The dual/alternating output is present in the integrating feedback loop, my standard control algorithm. It evaluates for error at each iteration and should alternate between "too high" and "too low" since the pwm is never quite right, and will bounce between those two values. Noise will cause occasional changes beyond that, most likely. If we want more precision we can arrange the bouncing to have a particular frequency distribution to make the RMS come out right, but that is not worthwhile at this stage. Our errors are larger than that.

The first position is probably the scope trigger option coming on at otherwise zero PWM, and it sets the PWM to one and leaves it there (to trigger my scope). ((One thing they missed on my USB scope is auto-trigger. It is either free running or triggered, so I sometimes force the PWM to have an edge all the time with the scope option in the code for testing.))

The new PWM test code does not bounce between values. It just puts a PWM value into the hardware when the button is pushed, then no changes after that till the button is touched again.
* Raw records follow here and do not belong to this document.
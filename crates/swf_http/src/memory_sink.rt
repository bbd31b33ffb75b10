// A sink in memory.
ghost use Rattle.std.specs.Prelude.{◌<◌};

use crate::Sink;
use std::alloc::Global;
use swf_store::Failed;

/// Keeps what is written, in pieces. The calls with the given numbers, from 0, fail, and so do those that find no memory.
#[derive(Drop)]
pub struct MemorySink {
    written: Vec<u8>,
    piece: usize,
    failing: Vec<u64>,
    calls: u64,
    faults: u64,
    lacks: u64,
    ghost some: { 0 < piece },
}

impl MemorySink {
    ghost use Rattle.std.specs.Prelude.{◌≡◌, ◌<◌, []};
    ghost use Rattle.swf_http.specs.Memory.{sink_written, sink_piece, sink_failing, sink_calls, sink_faults, sink_lacks};

    /// An empty one, which takes at most `piece` bytes at once.
    pub fn new(alloc: Global, piece: usize, failing: Vec<u64>) -> MemorySink
        requires { 0 < piece }
        ensures written { sink_written result ≡ [] }
        ensures piece { sink_piece result ≡ piece }
        ensures failing { sink_failing result ≡ failing.items }
        ensures calls { sink_calls result ≡ 0 }
        ensures faults { sink_faults result ≡ 0 }
        ensures lacks { sink_lacks result ≡ 0 }
    {
        MemorySink {
            written: Vec::new(alloc),
            piece,
            failing,
            calls: 0,
            faults: 0,
            lacks: 0,
        }
    }

    /// What was written.
    pub fn written(&self) -> &[u8]
        ensures { result.now ≡ sink_written self.now }
    {
        self.written.as_slice()
    }

    /// How many calls found no memory.
    pub fn lacks(&self) -> u64
        ensures { result ≡ sink_lacks self.now }
    {
        self.lacks
    }
}

impl Sink for MemorySink {
    ghost use Rattle.std.specs.Prelude.{◌≡◌, ◌≤◌, ℕ, List, length, Some, IfOk};
    ghost use Rattle.swf_http.specs.Sinks.{AfterWrite, WriteCause};
    ghost use Rattle.swf_http.specs.Memory.{sink_written, sink_kept, sink_faults, TakesPiece};

    ghost written = { λ sink. Some (sink_written sink) };

    ghost write_faults = { sink_faults };

    ghost Kept = { ℕ × List ℕ };

    ghost kept = { sink_kept };

    fn write(&mut self, bytes: &[u8]) -> Result<usize, Failed>
        ensures bound { IfOk result (λ n. n ≤ length bytes.now) }
        ensures told { AfterWrite bytes.now result (Some (sink_written self.old)) (Some (sink_written self.new)) }
        ensures cause { WriteCause bytes.now result (sink_faults self.old) (sink_faults self.new) }
        ensures kept { sink_kept self.new ≡ sink_kept self.old }
        ensures takes { TakesPiece bytes.now self.old self.new result }
    {
        let fails = self.failing.contains(&self.calls);
        self.calls = self.calls.saturating_add(1);
        if fails {
            self.faults = self.faults.saturating_add(1);
            return Err(Failed);
        }
        let count = bytes.len().min(self.piece);
        if self.written.extend_from_slice(&bytes[..count]).is_err() {
            self.faults = self.faults.saturating_add(1);
            self.lacks = self.lacks.saturating_add(1);
            return Err(Failed);
        }
        Ok(count)
    }
}
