// The parts of a message that have a grammar, read from a source.
ghost use Rattle.std.specs.Prelude.{◌≡◌, ◌≤◌, ◌-◌, List, ℕ, drop, length, vec_len, MatchResult, IfOk, OnOk};
ghost use Rattle.swf_http.specs.Pieces.{Form, SaysPiece, Settles};
ghost use Rattle.swf_http.specs.Sources.{Splits, ReadCause};
ghost use Rattle.swf_http.specs.Verdicts.{FaultSays};

use crate::grow::fill;
use crate::{HttpFault, Source};
use std::alloc::Global;

/// A part of a message that was found at the front of some bytes.
pub trait Piece: Drop {
    /// What its grammar makes of the bytes.
    ghost Tree: { Type 0 };

    ghost form: { Form Tree };

    /// The bytes begin with it, and its parts stand there.
    ghost stands: { List ℕ → Self → Type 0 };

    /// Looks for one at the front of the bytes so far.
    fn settle(alloc: Global, bytes: &[u8]) -> Result<Option<Self>, HttpFault>
        ensures { Settles form stands bytes.now result };

    /// Whether one may end behind so many of the bytes. It says when to look, and no answer of a reader hangs on it.
    fn may_end(bytes: &[u8], seen: usize) -> bool
        requires { seen ≤ length bytes.now };
}

/// Reads a piece that begins at a place of a buffer and ends before another. It looks at the bytes again only where one may be whole, or they are twice as many.
pub(crate) fn read_piece<P: Piece, S: Source>(
    alloc: Global,
    from: &mut S,
    buffer: &mut Vec<u8>,
    at: usize,
    most: usize,
) -> Result<P, HttpFault>
    requires at { at ≤ vec_len buffer.old }
    requires room { vec_len buffer.old ≤ most }
    ensures found { IfOk result (P.stands (drop at buffer.new.items)) }
    ensures size { OnOk result ((vec_len buffer.old ≤ vec_len buffer.new) × (vec_len buffer.new ≤ most)) }
    ensures says { (bytes : List ℕ) → Splits bytes buffer.old.items (S.left from.old)
        → MatchResult result (λ _. Splits bytes buffer.new.items (S.left from.new)) (FaultSays (SaysPiece P.form (most - at)) (drop at bytes)) }
    ensures cause { ReadCause result (S.faults from.old) (S.faults from.new) }
    ensures beside { S.beside from.new ≡ S.beside from.old }
{
    let mut more = true;
    'looks: loop {
        if let Some(found) = P::settle(alloc, &buffer[at..])? {
            return Ok(found);
        }
        if buffer.len() >= most {
            return Err(HttpFault::TooLong);
        }
        if !more {
            return Err(HttpFault::Ended);
        }
        more = fill::<P, S>(from, buffer, at, most)?;
    }
}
So it should NOT bounce around.

Another interesting test is to try the floating point version and see how it compares. It should not bounce much, as it computes PWM from voltage and sends it out, though noise on the ADC may cause some bounce.

I'm puzzled by the waveform. Mine looks better here, but there are a few differences. I alternate between running from a C NiMH battery and a power supply with 1F capacitor. Thinking about inductance in the bulb, that would affect current, not voltage. The FET is 3 milliohms in series with bulb RL. So the entire supply should appear across the bulb as soon as the FET comes on. I'm guessing that this is the supply reacting to the load change, and the capacitor should fix that. Batteries will behave better than a supply, for the most part. We probably don't want to measure the supply response as that will distort our RMS findings. We can work on compensating for funny waveforms later, now I want to get the RMS values right on with good clean power.

Thanks for your effort,

-- Alan


----------



## Alan B (Oct 3, 2008)

Will,

I went back and reviewed your updated post. Great work! There appears to be a duplicate/wrong data on button press #7.
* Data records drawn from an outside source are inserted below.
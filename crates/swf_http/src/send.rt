// Messages to a sink.
ghost use Rattle.std.specs.Prelude.{◌≡◌, ◌++◌, [], decimal, codes, unwrap_or, All, IfOk, OnOk, IsTrue};
ghost use Rattle.std.specs.List.{flat_map};
ghost use Rattle.http.specs.StatusCode.{code_digits, reason_phrase};
ghost use Rattle.httparse.specs.Ascii.{crlf_bytes};
ghost use Rattle.swf_text.specs.Same.{is_ascii};
ghost use Rattle.swf_http.specs.Sent.{header_line, request_bytes, response_bytes, status_line, IsSendable, IsSendableRequest, IsSendableResponse, IsSendableStatus, AfterSend, SendCause};

use crate::sink::write_all;
use crate::{Request, Response, SendFault, Sink};
use http::StatusCode;
use itoa::Buffer;
use std::alloc::{AllocError, Global};
use swf_calls::Header;
use swf_text::Text;

// Adds a text, which is ASCII, to bytes.
#[tactic(auto, using(crate::proofs::SentLemmas::text_bytes))]
fn put_text(out: &mut Vec<u8>, text: &Text) -> Result<(), AllocError>
    requires { IsTrue (is_ascii text.now) }
    ensures { OnOk result (out.new.items ≡ out.old.items ++ text.now) }
{
    out.extend_from_slice(text.as_str().as_bytes())
}

// Adds headers to bytes, a line each.
#[tactic(auto, using(crate::proofs::SentLemmas::token_ascii, crate::proofs::SentLemmas::plain_ascii))]
fn put_headers(out: &mut Vec<u8>, headers: &[Header]) -> Result<(), AllocError>
    requires { All IsSendable headers.now }
    ensures { OnOk result (out.new.items ≡ out.old.items ++ flat_map header_line headers.now) }
{
    for header in headers {
        put_text(out, &header.name)?;
        out.extend_from_slice(b": ")?;
        put_text(out, &header.value)?;
        out.extend_from_slice(b"\r\n")?;
    }
    Ok(())
}

// The bytes of a request.
#[tactic(auto, using(crate::proofs::SentLemmas::token_ascii, crate::proofs::SentLemmas::visible_ascii))]
fn request_bytes(alloc: Global, request: &Request) -> Result<Vec<u8>, AllocError>
    requires { IsSendableRequest request.now }
    ensures { IfOk result (λ bytes. bytes.items ≡ request_bytes request.now) }
{
    let mut out = Vec::new(alloc);
    put_text(&mut out, &request.method)?;
    out.extend_from_slice(b" ")?;
    put_text(&mut out, &request.target)?;
    out.extend_from_slice(b" HTTP/1.1\r\n")?;
    put_headers(&mut out, request.headers.as_slice())?;
    out.extend_from_slice(b"\r\n")?;
    out.extend_from_slice(&request.body)?;
    Ok(out)
}

// The parts of a response's first line.
fn status_parts(alloc: Global, status: u16) -> Result<Vec<u8>, AllocError>
    requires { IsSendableStatus status }
    ensures { IfOk result (λ out. out.items ≡ codes "HTTP/1.1 " ++ code_digits status ++ codes " " ++ unwrap_or (reason_phrase status) [] ++ crlf_bytes) }
{
    let Ok(code) = StatusCode::from_u16(status) else {
        unreachable!()
    };
    let mut out = Vec::new(alloc);
    out.extend_from_slice(b"HTTP/1.1 ")?;
    out.extend_from_slice(code.as_str().as_bytes())?;
    out.extend_from_slice(b" ")?;
    if let Some(phrase) = code.canonical_reason() {
        out.extend_from_slice(phrase.as_bytes())?;
    }
    out.extend_from_slice(b"\r\n")?;
    Ok(out)
}

// A response's first line.
fn status_line(alloc: Global, status: u16) -> Result<Vec<u8>, AllocError>
    requires { IsSendableStatus status }
    ensures { IfOk result (λ out. out.items ≡ status_line status) }
{
    status_parts(alloc, status)
}

// Adds a number in digits to bytes.
fn put_number(out: &mut Vec<u8>, number: usize) -> Result<(), AllocError>
    ensures { OnOk result (out.new.items ≡ out.old.items ++ decimal number) }
{
    let mut digits = Buffer::new();
    out.extend_from_slice(digits.format(number).as_bytes())
}

// The bytes of a response.
fn response_bytes(alloc: Global, response: &Response) -> Result<Vec<u8>, AllocError>
    requires { IsSendableResponse response.now }
    ensures { IfOk result (λ bytes. bytes.items ≡ response_bytes response.now) }
{
    let mut out = status_line(alloc, response.status)?;
    put_headers(&mut out, response.headers.as_slice())?;
    out.extend_from_slice(b"Content-Length: ")?;
    put_number(&mut out, response.body.len())?;
    out.extend_from_slice(b"\r\nConnection: close\r\n\r\n")?;
    out.extend_from_slice(&response.body)?;
    Ok(out)
}

// Writes bytes, and tells a failure as one of sending.
fn send<W: Sink>(to: &mut W, bytes: &[u8]) -> Result<(), SendFault>
    ensures told { AfterSend bytes.now result (W.written to.old) (W.written to.new) }
    ensures cause { SendCause result (W.write_faults to.old) (W.write_faults to.new) }
    ensures kept { W.kept to.new ≡ W.kept to.old }
{
    match write_all(to, bytes) {
        Ok(()) => Ok(()),
        Err(_) => Err(SendFault::Write),
    }
}

/// Writes a request: its first line, its headers, an empty line and its body.
pub fn write_request<W: Sink>(alloc: Global, to: &mut W, request: &Request) -> Result<(), SendFault>
    requires { IsSendableRequest request.now }
    ensures told { AfterSend (request_bytes request.now) result (W.written to.old) (W.written to.new) }
    ensures cause { SendCause result (W.write_faults to.old) (W.write_faults to.new) }
    ensures kept { W.kept to.new ≡ W.kept to.old }
{
    let bytes = request_bytes(alloc, request)?;
    send(to, &bytes)
}

/// Writes a response with the length of its body, after which the connection is to be closed.
pub fn write_response<W: Sink>(
    alloc: Global,
    to: &mut W,
    response: &Response,
) -> Result<(), SendFault>
    requires { IsSendableResponse response.now }
    ensures told { AfterSend (response_bytes response.now) result (W.written to.old) (W.written to.new) }
    ensures cause { SendCause result (W.write_faults to.old) (W.write_faults to.new) }
    ensures kept { W.kept to.new ≡ W.kept to.old }
{
    let bytes = response_bytes(alloc, response)?;
    send(to, &bytes)
}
I'll try to add that to the spreadsheet and see what it reveals.

-- Alan


----------



## JimmyM (Oct 3, 2008)

Will,
Does the voltage always tail off like that, even on higher duty cycle measurements? Just looking at the wave form, it looks like the FET isn't turning off fast enough. Is the inductance of the bulb that significant?
Also, a PWM value of 1 is awefully low. In use, the duty cycle will never be that low except during soft-start. I would sacrifice PWM=1 stability/accuracy for accuracy higher up in the range.


----------



## Alan B (Oct 3, 2008)

*New Data Looks Good*

I collected some new data sets and did some analysis. The data is in the spreadsheet on the 081003 page (page 4).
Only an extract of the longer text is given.